The HMS Otranto disaster inspired F.A. Warth’s “Consolation,” a musical composition premiering at Oglethorpe University.

Sunday’s “Over There and Everywhere: Music of the WWI Era” concert performed by Oglethorpe Director of Music Dr. Brent Runnels and Dr. Wanda Yang Temko, Affiliate Artist in Voice at Oglethorpe, will include the world premiere of a World War I-inspired piano and voice composition.

The short song, “Consolation,” was written by Savannah’s F.A Warth to honor the loss of the soldiers on the HMS Otranto, a WWI U.S. troopship that sank off the Scottish island of Islay in hurricane weather after ramming another Allied troopship.

A grieving father, Warth dedicated “Consolation” to “the memory of my son Williams Eugene Warth and his comrades who lost their lives on U.S. Transport Otranto, October 6, 1918.” The song has never been performed in public.

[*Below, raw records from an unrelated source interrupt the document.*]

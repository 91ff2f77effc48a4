//! Counts the lines of a text that is read piece by piece, so that the reader can stop as soon as the text can't be a scenario.
ghost use Rattle.std.specs.Prelude.{◌≡◌, ◌∷◌, ◌++◌, [], ℕ, List, true};
ghost use Rattle.scenario_texts.specs.Lines.{HasLines, IsCounted, IsTooLarge, IsWithinLineLimits};

use crate::reading::{MAX_LINE_LEN, MAX_LINES};

/// The number of lines of a text so far.
#[derive(Clone, Copy, Debug)]
pub struct LineCount {
    /// The number of lines that a line feed ended.
    pub ended: u32,
    /// The number of bytes after the last line feed.
    pub under_way: usize,
}

impl LineCount {
    /// The count of the empty text.
    pub fn new() -> LineCount
        ensures none { HasLines [] result }
        ensures small { IsWithinLineLimits result }
    {
        LineCount {
            ended: 0,
            under_way: 0,
        }
    }

    /// Counts the next byte. Returns false if the text now has a line too many, or a line that is too long.
    fn take(&mut self, byte: u8) -> bool
        ensures counted { (text : List ℕ) → HasLines text self.old → IsCounted result (text ++ byte ∷ []) self.new }
        ensures fits { (text : List ℕ) → HasLines text self.old → (IsTooLarge text → ⊥) → result ≡ true → IsTooLarge (text ++ byte ∷ []) → ⊥ }
        ensures small { result ≡ true → IsWithinLineLimits self.new }
    {
        if self.ended >= MAX_LINES {
            return false;
        }
        if byte == b'\n' {
            self.ended += 1;
            self.under_way = 0;
            return true;
        }
        if self.under_way >= MAX_LINE_LEN {
            return false;
        }
        self.under_way += 1;
        true
    }

    /// Counts the next bytes. Returns false if the text now has a line too many, or a line that is too long. Then the
    /// text is no scenario, and its first bad line is the same however the text continues.
    pub fn take_all(&mut self, bytes: &[u8]) -> bool
        ensures counted { (text : List ℕ) → HasLines text self.old → IsCounted result (text ++ bytes.now) self.new }
        // If the text was not too large before, and the result is true, it is not too large now.
        ensures fits { (text : List ℕ) → HasLines text self.old → (IsTooLarge text → ⊥) → result ≡ true → IsTooLarge (text ++ bytes.now) → ⊥ }
        ensures small { result ≡ true → IsWithinLineLimits self.old → IsWithinLineLimits self.new }
    {
        for byte in bytes {
            if !self.take(*byte) {
                return false;
            }
        }
        true
    }
}
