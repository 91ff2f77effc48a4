//! What a replica makes as a round opens.
ghost use Rattle.std.specs.Prelude.{◌≡◌, map, filter, take, IfOk};
ghost use Rattle.ledger_model.specs.Locks.{finds};
ghost use Rattle.ledger_model.specs.Spelling.{frame_bytes};
ghost use Rattle.tally.specs.Tallies.{all_read};
ghost use Rattle.lock_proofs.specs.LockTables.{as_statement};
ghost use Rattle.lock_proofs.specs.Tables.{values_of};

use crate::height::Instance;
use crate::round_plan::{RoundEffects, RoundPlan};
use bytes::Bytes;
use ledger_model::{
    Ack, Batch, Batches, Lock, LockProof, Phase, Place, Report, SignedReport, Statement, phase_of,
    place_of,
};
use lock_proofs::LockFrame;
use phase_core::{choose, is_acknowledged};
use proper_sets::Proper;
use std::alloc::{AllocError, Global};

impl Instance {
    ghost use Rattle.std.specs.Prelude.{◌≡◌, ◌<◌, ◌≤◌, ◌+◌, List, map, filter, take, Some, IfOk, IfSome, IsTrue, true};
    ghost use Rattle.std.specs.List.{AllByRecursion};
    ghost use Rattle.ledger_model.specs.Rounds.{phase_of, place_of, quorum, release_place};
    ghost use Rattle.ledger_model.specs.Notes.{Note, clock_of};
    ghost use Rattle.ledger_model.specs.Locks.{finds};
    ghost use Rattle.ledger_model.specs.Rules.{Ring};
    ghost use Rattle.ledger_model.specs.Lawful.{held_locks, are_signed_reports};
    ghost use Rattle.ledger_model.specs.Spelling.{IsStatement, frame_bytes};
    ghost use Rattle.proper_sets.specs.Propriety.{absorbed};
    ghost use Rattle.tally.specs.Readings.{reports_of};
    ghost use Rattle.tally.specs.Tallies.{all_read};
    ghost use Rattle.lock_proofs.specs.LockTables.{as_statement};
    ghost use Rattle.lock_proofs.specs.Tables.{values_of};
    ghost use Rattle.instance.specs.Matching.{MatchesLog};
    ghost use Rattle.instance.specs.Plans.{own_report, own_lock, locking_of, chosen_lock, own_acks, sent_ack, unsent_ack, decides_now, decides_first, chosen_statement, opened_effects, nothing_ends, IsOwnStatement};
    ghost use Rattle.instance.specs.Laws.{MayBeSent, IsLockSentOn};
    ghost use Rattle.ledger_model.specs.Limits.{last_round};

    /// The values on which locks are held, ascending.
    fn held_values(&self, alloc: Global) -> Result<Vec<Batch>, AllocError>
        ensures { IfOk result (λ values. values.items ≡ values_of self.now.table) }
    {
        copied_values(alloc, self.locks.held())
    }

    /// The replica's own report of a phase: the proper values, and those on which locks are held.
    fn own_report(&self, alloc: Global, phase: Phase) -> Result<Report, AllocError>
        ensures { IfOk result (λ report. report ≡ own_report self.now phase) }
    {
        let locked = Batches::new(self.held_values(alloc)?);
        let (initial, proper) = copies_of(alloc, &self.proper)?;
        Ok(Report {
            version: self.config.frames,
            height: self.height,
            phase,
            signer: self.id,
            all: self.proper.all(),
            initial,
            proper,
            locked,
        })
    }

    /// The reports that find the value, from the lowest signers: as many as a lock needs.
    fn proof(&self, alloc: Global, value: &Batch) -> Result<Vec<SignedReport>, AllocError>
        ensures { IfOk result (λ proof. proof.items
            ≡ take (quorum self.now.config) (filter (λ s. finds s.report value.now) (all_read self.now.reports))) }
    {
        let quorum = usize::from(self.config.quorum());
        lowest_finding(alloc, self.reports.places(), value, quorum)
    }

    /// The replica's own lock of a phase on a value.
    fn own_lock(&self, alloc: Global, phase: Phase, value: Batch) -> Result<Lock, AllocError>
        ensures { IfOk result (λ lock. lock ≡ own_lock self.now phase value) }
    {
        let proof = LockProof::new(self.proof(alloc, &value)?);
        Ok(Lock {
            version: self.config.frames,
            height: self.height,
            phase,
            signer: self.id,
            value,
            proof,
        })
    }

    /// The value that this replica locks, if it owns the phase and may lock one.
    fn locking(&self, phase: Phase) -> Result<Option<Batch>, AllocError>
        ensures { IfOk result (λ value. value ≡ locking_of self.now phase) }
    {
        if self.id != self.config.owner_of(phase) {
            return Ok(None);
        }
        choose(&self.config, &self.reports, self.proper.own())
    }

    /// The replica's own lock of a phase, if it owns the phase and may lock a value.
    fn chosen_lock(&self, alloc: Global, phase: Phase) -> Result<Option<Statement>, AllocError>
        ensures { IfOk result (λ chosen. chosen ≡ chosen_lock self.now phase (locking_of self.now phase)) }
    {
        match self.locking(phase)? {
            None => Ok(None),
            Some(value) => Ok(Some(Statement::Lock(self.own_lock(alloc, phase, value)?))),
        }
    }

    /// The acknowledgement of the lock that was taken, if one was.
    fn own_ack(&self, phase: Phase) -> Result<Option<Ack>, AllocError>
        ensures { IfOk result (λ ack. ack ≡ own_acks self.now phase self.now.taken) }
    {
        match &self.taken {
            None => Ok(None),
            Some(value) => Ok(Some(Ack {
                version: self.config.frames,
                height: self.height,
                phase,
                signer: self.id,
                value: value.copy()?,
            })),
        }
    }

    /// The acknowledgement that the replica sends to the owner of the phase; `None` if it is the owner, or took no lock.
    fn sent_ack(&self, phase: Phase) -> Result<Option<Statement>, AllocError>
        ensures { IfOk result (λ sent. sent ≡ sent_ack self.now phase self.now.taken) }
    {
        if self.config.owner_of(phase) == self.id {
            return Ok(None);
        }
        match self.own_ack(phase)? {
            None => Ok(None),
            Some(ack) => Ok(Some(Statement::Ack(ack))),
        }
    }

    /// An owner's acknowledgement of its own lock, which it makes and doesn't send.
    fn unsent_ack(&self, phase: Phase) -> Result<Option<Ack>, AllocError>
        ensures { IfOk result (λ unsent. unsent ≡ unsent_ack self.now phase self.now.taken) }
    {
        if self.config.owner_of(phase) != self.id {
            return Ok(None);
        }
        self.own_ack(phase)
    }

    /// The statement that this replica chooses to send as a round opens.
    #[tactic(auto, unfolding(crate::specs::Plans::chosen_statement))]
    fn chosen_statement(&self, alloc: Global, round: u32) -> Result<Option<Statement>, AllocError>
        requires { (1 ≤ round) × (round ≤ last_round) }
        ensures { IfOk result (λ chosen. chosen ≡ chosen_statement self.now round) }
    {
        let phase = phase_of(round);
        match place_of(u64::from(round)) {
            Place::Reports => Ok(Some(Statement::Report(self.own_report(alloc, phase)?))),
            Place::Lock => self.chosen_lock(alloc, phase),
            Place::Acknowledgements => self.sent_ack(phase),
            Place::Release => Ok(None),
        }
    }

    /// The set of proper values after the reports of the phase are absorbed.
    fn absorbed(&self) -> Result<Proper, AllocError>
        ensures config { IfOk result (λ proper. proper.config ≡ self.now.config) }
        ensures set { IfOk result (λ proper. proper.set
            ≡ absorbed self.now.config self.now.id (reports_of (all_read self.now.reports)) self.now.proper) }
    {
        let mut proper = self.proper.copy()?;
        proper.absorb(self.id, &self.reports)?;
        Ok(proper)
    }

    /// The value of the replica's own lock of the phase, if the acknowledgements decide it.
    fn decides_now(&self, phase: Phase) -> Result<Option<Batch>, AllocError>
        ensures { IfOk result (λ value. value ≡ decides_now self.now phase self.now.made) }
    {
        match &self.made {
            Some(value) if is_acknowledged(&self.config, &self.acks, phase, value) => {
                Ok(Some(value.copy()?))
            }
            _ => Ok(None),
        }
    }

    /// The value that the phase decides, unless one was decided before.
    fn decides_first(&self, phase: Phase) -> Result<Option<Batch>, AllocError>
        ensures { IfOk result (λ value. value ≡ decides_first self.now phase) }
    {
        if self.decided.is_some() {
            return Ok(None);
        }
        self.decides_now(phase)
    }

    /// The frames of the held locks, ascending by value.
    fn held_frames(&self, alloc: Global) -> Result<Vec<Bytes>, AllocError>
        ensures { IfOk result (λ frames. frames.items ≡ map (λ s. frame_bytes (as_statement s)) self.now.table) }
    {
        shared_frames(alloc, self.locks.held())
    }

    /// The effects of opening the lock-release round of a phase: the held locks are sent on, and a value may be decided.
    fn release_ending(&self, alloc: Global, phase: Phase) -> Result<RoundEffects, AllocError>
        ensures { IfOk result (λ ending. ending ≡ record nothing_ends {
          sends_on = map (λ s. frame_bytes (as_statement s)) self.now.table;
          decided = decides_first self.now phase;
        }) }
    {
        let sends_on = self.held_frames(alloc)?;
        let decided = self.decides_first(phase)?;
        Ok(RoundEffects::releasing(sends_on, decided))
    }

    /// The effects of opening a round, which don't depend on what is sent.
    #[tactic(auto, unfolding(crate::specs::Plans::opened_effects))]
    fn ending(&self, alloc: Global, round: u32) -> Result<RoundEffects, AllocError>
        requires { (1 ≤ round) × (round ≤ last_round) }
        ensures { IfOk result (λ ending. ending ≡ opened_effects self.now round) }
    {
        let phase = phase_of(round);
        match place_of(u64::from(round)) {
            Place::Reports => Ok(RoundEffects::nothing(alloc)),
            Place::Lock => Ok(RoundEffects::absorbing(alloc, self.absorbed()?)),
            Place::Acknowledgements => Ok(RoundEffects::acknowledging(
                alloc,
                self.unsent_ack(phase)?,
            )),
            Place::Release => self.release_ending(alloc, phase),
        }
    }

    /// The effects of opening the next round, which don't depend on what is sent. `clock` is the number of the round
    /// that closes. Changes nothing yet.
    pub fn prepare_end(&self, alloc: Global, clock: u32) -> Result<RoundEffects, AllocError>
        requires clock { clock < last_round }
        ensures ending { IfOk result (λ ending. ending ≡ opened_effects self.now (clock + 1)) }
        // In a lock-release round the replica sends on the locks that it holds.
        ensures sends_on { IfOk result (λ ending. (ring : Ring) (log : List Note) → MatchesLog ring self.now log → clock_of log ≡ clock
            → place_of (clock + 1) ≡ release_place → ending.sends_on ≡ map frame_bytes (held_locks log)) }
        // Each of those frames reads back as a signed lock of this height.
        ensures readable { IfOk result (λ ending. (ring : Ring) (log : List Note) → MatchesLog ring self.now log
            → AllByRecursion (IsLockSentOn ring self.now.height) ending.sends_on) }
    {
        self.ending(alloc, clock + 1)
    }

    /// The plan for opening the next round: the statement to send, and all other effects. `clock` is the number of the
    /// round that closes. Changes nothing yet.
    pub fn plan_end(&self, alloc: Global, clock: u32) -> Result<RoundPlan, AllocError>
        requires clock { clock < last_round }
        ensures statement { IfOk result (λ plan. plan.statement ≡ chosen_statement self.now (clock + 1)) }
        ensures ending { IfOk result (λ plan. plan.ending ≡ opened_effects self.now (clock + 1)) }
        // It chooses only what every log that the instance matches allows.
        ensures may { IfOk result (λ plan. (ring : Ring) (log : List Note) → MatchesLog ring self.now log → clock_of log ≡ clock
            → MayBeSent self.now log (clock + 1) plan.statement) }
        // If the statement is a lock, the reports in its proof are signed.
        ensures proofs { IfOk result (λ plan. (ring : Ring) (log : List Note) → MatchesLog ring self.now log → clock_of log ≡ clock
            → IfSome plan.statement (λ s. IsTrue (are_signed_reports ring s))) }
        // The statement is the replica's own, of this height, and can be encoded, whatever the log is.
        ensures own { IfOk result (λ plan. IfSome plan.statement (IsOwnStatement self.now)) }
        ensures spelled { IfOk result (λ plan. IfSome plan.statement IsStatement) }
        // In a lock-release round the replica sends on the locks that it holds.
        ensures sends_on { IfOk result (λ plan. (ring : Ring) (log : List Note) → MatchesLog ring self.now log → clock_of log ≡ clock
            → place_of (clock + 1) ≡ release_place → plan.ending.sends_on ≡ map frame_bytes (held_locks log)) }
        // Each of those frames reads back as a signed lock of this height.
        ensures readable { IfOk result (λ plan. (ring : Ring) (log : List Note) → MatchesLog ring self.now log
            → AllByRecursion (IsLockSentOn ring self.now.height) plan.ending.sends_on) }
    {
        // This read opens the invariant for the proof: what the instance has can be encoded.
        let _ = &self.height;
        Ok(RoundPlan {
            statement: self.chosen_statement(alloc, clock + 1)?,
            ending: self.prepare_end(alloc, clock)?,
        })
    }
}

/// The own initial value, and the values that are proper by name.
fn copies_of(alloc: Global, proper: &Proper) -> Result<(Batch, Batches), AllocError>
    ensures own { IfOk result (λ copies. copies.0 ≡ proper.now.set.own) }
    ensures explicit { IfOk result (λ copies. copies.1 ≡ proper.now.set.explicit) }
{
    let own = proper.own().copy()?;
    let explicit = Batches::from_slice(alloc, proper.explicit())?;
    Ok((own, explicit))
}

/// The values of the locks, in order.
fn copied_values(alloc: Global, locks: &[LockFrame]) -> Result<Vec<Batch>, AllocError>
    ensures { IfOk result (λ values. values.items ≡ values_of locks.now) }
{
    let mut values = Vec::with_capacity(alloc, locks.len())?;
    for lock in locks {
        values.push(lock.value().copy()?)?;
    }
    Ok(values)
}

/// The reports that find the value, from the lowest signers: at most `count`.
fn lowest_finding(
    alloc: Global,
    places: &[Option<SignedReport>],
    value: &Batch,
    count: usize,
) -> Result<Vec<SignedReport>, AllocError>
    ensures { IfOk result (λ found. found.items ≡ take count (filter (λ s. finds s.report value.now) (all_read places.now))) }
{
    let mut found = Vec::with_capacity(alloc, count)?;
    for place in places {
        if let Some(signed) = place
            && found.len() < count
            && signed.report.finds(value)
        {
            found.push(signed.copy()?)?;
        }
    }
    Ok(found)
}

/// The frames of the locks, in order, which share their bytes.
fn shared_frames(alloc: Global, locks: &[LockFrame]) -> Result<Vec<Bytes>, AllocError>
    ensures { IfOk result (λ frames. frames.items ≡ map (λ s. frame_bytes (as_statement s)) locks.now) }
{
    let mut frames = Vec::with_capacity(alloc, locks.len())?;
    for lock in locks {
        frames.push(lock.frame().share()?)?;
    }
    Ok(frames)
}
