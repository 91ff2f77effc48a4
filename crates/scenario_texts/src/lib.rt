//! Scenarios as texts: line by line a cluster, its keys and its liars, and the commands of a run.
#![tactic(auto)]

mod batch;
mod command;
mod command_reading;
mod fault;
mod fields;
mod keyword;
mod line_count;
mod line_reading;
mod reading;
mod scenario;
mod setup_reading;

pub use command::{Command, Lie, Towards};
pub use fault::TextFault;
pub use line_count::LineCount;
pub use reading::read;
pub use scenario::{Scenario, Setup};
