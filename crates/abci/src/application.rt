//! Applications: the calls of ABCI, each with its meaning.
use crate::{CheckKind, Info, QueryFault};
use ledger_model::{Height, Tx};
use std::alloc::AllocError;

/// An application behind ABCI's calls.
///
/// An application brings its meaning: what it answers after the transactions that it accepted. It is a state machine: its
/// kind, its committed state and height and, within a block, its working state. The contract of a call says what that
/// machine returns and how it changes. A state is described by the accepted transactions that lead to it.
pub trait Application: Drop {
    ghost use Rattle.std.specs.Prelude.{◌≡◌, ◌≢◌, ◌+◌, ◌↔◌, IsSome, IfOk, OnOk, OnErr, IsErrOf, option_map};
    ghost use Rattle.ledger_model.specs.Applications.{Machine};
    ghost use Rattle.ledger_model.specs.Meanings.{Meanings};
    ghost use Rattle.abci.specs.Meaning.{ShowsOf, ChecksTo, StartsBlock, KeepsCommitted, DeliversTo, CommitsTo, AnswersTo, LosesWork};

    // What an application of each kind means. An application that is not chosen among kinds means the same for each.
    ghost meaning: { Meanings };

    // The state machine that it is.
    ghost machine: { Self → Machine };

    /// ABCI's Info: the committed height, and the hash of the committed state.
    fn info(&self) -> Info
        ensures { ShowsOf (machine self.now) result };

    /// ABCI's InitChain, before the first block. The machine doesn't change.
    fn init_chain(&mut self) -> Result<(), AllocError>
        requires { (machine self.old).height ≡ 0 }
        ensures { machine self.new ≡ machine self.old };

    /// ABCI's CheckTx: the code of a transaction in the committed state, 0 if the pool may keep it.
    fn check_tx(&self, tx: &Tx, kind: CheckKind) -> u32
        ensures { ChecksTo meaning (machine self.now) tx.now result };

    /// ABCI's BeginBlock: the working state becomes a copy of the committed one; an unfinished working state is
    /// dropped. After allocation failure the committed state and the height are unchanged.
    fn begin_block(&mut self, height: Height) -> Result<(), AllocError>
        requires { height ≡ (machine self.old).height + 1 }
        ensures ok { OnOk result (StartsBlock (machine self.old) (machine self.new)) }
        ensures err { OnErr result (LosesWork (machine self.old) (machine self.new)) };

    /// ABCI's DeliverTx: the code of a transaction in the working state, which a transaction of code 0 changes. After
    /// allocation failure the committed state and the height are unchanged.
    fn deliver_tx(&mut self, tx: &Tx) -> Result<u32, AllocError>
        requires { IsSome (machine self.old).working }
        ensures goes_on { OnOk result (KeepsCommitted (machine self.old) (machine self.new)) }
        ensures ok { IfOk result (λ code. DeliversTo meaning (machine self.old) tx.now code (machine self.new)) }
        ensures err { OnErr result (LosesWork (machine self.old) (machine self.new)) };

    /// ABCI's EndBlock. After allocation failure the committed state and the height are unchanged.
    fn end_block(&mut self) -> Result<(), AllocError>
        requires { IsSome (machine self.old).working }
        ensures ok { OnOk result (machine self.new ≡ machine self.old) }
        ensures err { OnErr result (LosesWork (machine self.old) (machine self.new)) };

    /// ABCI's Commit: commits the working state as the next height. Returns the hash of its encoding.
    fn commit(&mut self) -> [u8; 32]
        requires { IsSome (machine self.old).working }
        ensures { CommitsTo (machine self.old) result (machine self.new) };

    /// ABCI's Query: the value under a key in the committed state.
    ///
    /// `NotHeld` comes exactly if the height is neither 0 nor the committed one.
    fn query(&self, key: &[u8], height: u32) -> Result<Option<Vec<u8>>, QueryFault>
        ensures answer { IfOk result (λ value. AnswersTo meaning (machine self.now) key.now (option_map (λ v. v.items) value)) }
        ensures not_held { IsErrOf result QueryFault.NotHeld
            ↔ (height ≢ 0) × (height ≢ (machine self.now).height) };
}
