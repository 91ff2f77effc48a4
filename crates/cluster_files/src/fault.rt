//! Why a text describes no cluster.
ghost use Rattle.std.specs.Prelude.{◌≡◌};
ghost use Rattle.cluster_files.specs.declared.fault.ClusterFileFault.TheVariants.{NoMemory};

use ledger_model::ReplicaId;
use plain_text::ShownText;
use std::alloc::{AllocError, AllocFailed};
use thiserror::Error;

/// Why a text describes no cluster. What is called a name here is a key of TOML, since a key is a public key.
#[derive(Debug, Drop, Error)]
pub enum ClusterFileFault {
    /// The text is no TOML. The number of the line, from 1 on, at which that shows.
    #[error("line {0} is no TOML")]
    NotToml(usize),
    /// A name that no cluster's file has.
    #[error("'{name}' is no name of a cluster's file", name = ShownText(.0.as_str()))]
    UnknownName(String),
    /// A name that is missing.
    #[error("{0} is missing")]
    Missing(&'static str),
    /// The value of this name is no number within its limits.
    #[error("{name} is a number from {least} to {most}")]
    Number {
        name: &'static str,
        least: u8,
        most: u8,
    },
    /// The value of this name is neither of its two numbers.
    #[error("{name} is {one} or {other}")]
    Neither {
        name: &'static str,
        one: u8,
        other: u8,
    },
    /// The value of `kind` is no word for an application.
    #[error("kind is \"kvstore\", \"counter\", \"purse\" or \"own\"")]
    Kind,
    /// Fewer than `3 * faults + 1` replicas.
    #[error("{replicas} replicas are too few for {faults} faults: there are at least 3 * faults + 1")]
    TooFew {
        replicas: u8,
        faults: u8,
    },
    /// The value of `keys` is no array.
    #[error("keys is an array of public keys")]
    NoArray,
    /// The number of keys, which isn't the number of replicas.
    #[error("keys has {keys} keys for {replicas} replicas")]
    KeyCount {
        keys: usize,
        replicas: u8,
    },
    /// What stands for the key of this replica isn't a string of 112 hexadecimal digits.
    #[error("the key of replica {replica} is not 112 hexadecimal digits", replica = .0.number())]
    NoKey(ReplicaId),
    /// The key of this replica is of another parameter set than that of `bits` and `levels`.
    #[error("the key of replica {replica} has other sizes than bits and levels say", replica = .0.number())]
    OtherSizes(ReplicaId),
    /// Memory ran out.
    #[error("out of memory")]
    NoMemory,
}

impl From<AllocError> for ClusterFileFault {
    ghost from_gives = { λ _ e. e ≡ NoMemory };

    fn from(_error: AllocError) -> Self {
        ClusterFileFault::NoMemory
    }
}

impl<T: Drop> From<AllocFailed<T>> for ClusterFileFault {
    ghost from_gives = { λ _ e. e ≡ NoMemory };

    fn from(_error: AllocFailed<T>) -> Self {
        ClusterFileFault::NoMemory
    }
}
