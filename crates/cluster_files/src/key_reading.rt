//! Reads the public keys of a table.
ghost use Rattle.std.specs.Prelude.{◌≡◌, ◌↔◌, codes, length, map, All, IfOk, IfErr, IsTrue, Some};
ghost use Rattle.toml.specs.Data.{Items, array};
ghost use Rattle.toml.specs.View.{array_view, table_view, view};
ghost use Rattle.cluster_files.specs.FileTables.{spelled_key, spelled_keys};
ghost use Rattle.cluster_setup.specs.KeySizes.{HasSizes};
ghost use Rattle.cluster_files.specs.Descriptions.{HasNumber, HasParams, HasValue};
ghost use Rattle.cluster_files.specs.FileFaults.{IsRightOfItem, IsRightOfTable};

use crate::fault::ClusterFileFault;
use crate::table_reading::value;
use hex::FromHex;
use key_ring::KeyRing;
use ledger_model::ReplicaId;
use lm_ots::Params;
use lms_tree::PublicKey;
use std::alloc::Global;
use toml::value::Array;
use toml::{Table, Value};

/// The array of the table's keys, with one value for each replica.
fn items(table: &Table, replicas: u8) -> Result<&Array, ClusterFileFault>
    requires { HasNumber (table_view table.now) (codes "replicas") replicas }
    ensures some { IfOk result (λ items. HasValue (table_view table.now) (codes "keys") (array (array_view items.now))) }
    ensures count { IfOk result (λ items. length items.now.items ≡ replicas) }
    ensures right { IfErr result (IsRightOfTable (table_view table.now)) }
{
    let Some(items) = value(table, "keys")?.as_array() else {
        return Err(ClusterFileFault::NoArray);
    };
    let keys = items.len();
    if keys != usize::from(replicas) {
        return Err(ClusterFileFault::KeyCount { keys, replicas });
    }
    Ok(items)
}

/// Whether the key is of this parameter set.
fn has_sizes(key: &PublicKey, params: Params) -> bool
    ensures { IsTrue result ↔ HasSizes params key.now }
{
    key.params() == params
}

/// The key of a replica, which a value of `keys` spells.
fn key(item: &Value, replica: ReplicaId, params: Params) -> Result<PublicKey, ClusterFileFault>
    ensures some { IfOk result (λ key. spelled_key (view item.now) ≡ Some key) }
    ensures sized { IfOk result (HasSizes params) }
    ensures right { IfErr result (IsRightOfItem params replica (view item.now)) }
{
    let Some(digits) = item.as_str() else {
        return Err(ClusterFileFault::NoKey(replica));
    };
    let Ok(bytes) = <[u8; 56] as FromHex>::from_hex(digits) else {
        return Err(ClusterFileFault::NoKey(replica));
    };
    match PublicKey::from_bytes(&bytes) {
        Ok(key) if has_sizes(&key, params) => Ok(key),
        _ => Err(ClusterFileFault::OtherSizes(replica)),
    }
}

/// The keys of all replicas, by number.
pub(crate) fn ring(
    alloc: Global,
    table: &Table,
    replicas: u8,
    params: Params,
) -> Result<KeyRing, ClusterFileFault>
    requires counted { HasNumber (table_view table.now) (codes "replicas") replicas }
    requires sized { HasParams (table_view table.now) params }
    ensures keys { IfOk result (λ ring. (items : Items) × (HasValue (table_view table.now) (codes "keys") (array items)
        × (spelled_keys items ≡ map Some ring))) }
    ensures count { IfOk result (λ ring. length ring ≡ replicas) }
    ensures sizes { IfOk result (All (HasSizes params)) }
    ensures right { IfErr result (IsRightOfTable (table_view table.now)) }
{
    let items = items(table, replicas)?;
    let mut keys = Vec::with_capacity(alloc, items.len())?;
    for replica in 0..replicas {
        let key = key(
            &items[usize::from(replica)],
            ReplicaId::new(replica),
            params,
        )?;
        keys.push(key)?;
    }
    Ok(KeyRing::new(keys))
}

Most of the 470 killed onboard the Otranto were American soldiers from Georgia. More than 600 other soldiers were able to make their way to safety. Kilchoman Cemetery on the island of Islay is a burial ground for the soldiers lost in this tragedy. The Otranto tragedy is well-documented in R. Neil Scott’s book, Many Were Held by the Sea

“Over There and Everywhere,” to be held in the Oglethorpe University Museum of Art, is part of World War I: 100th Anniversary Commemoration, a campus-wide, semester-long effort to commemorate the history of the war.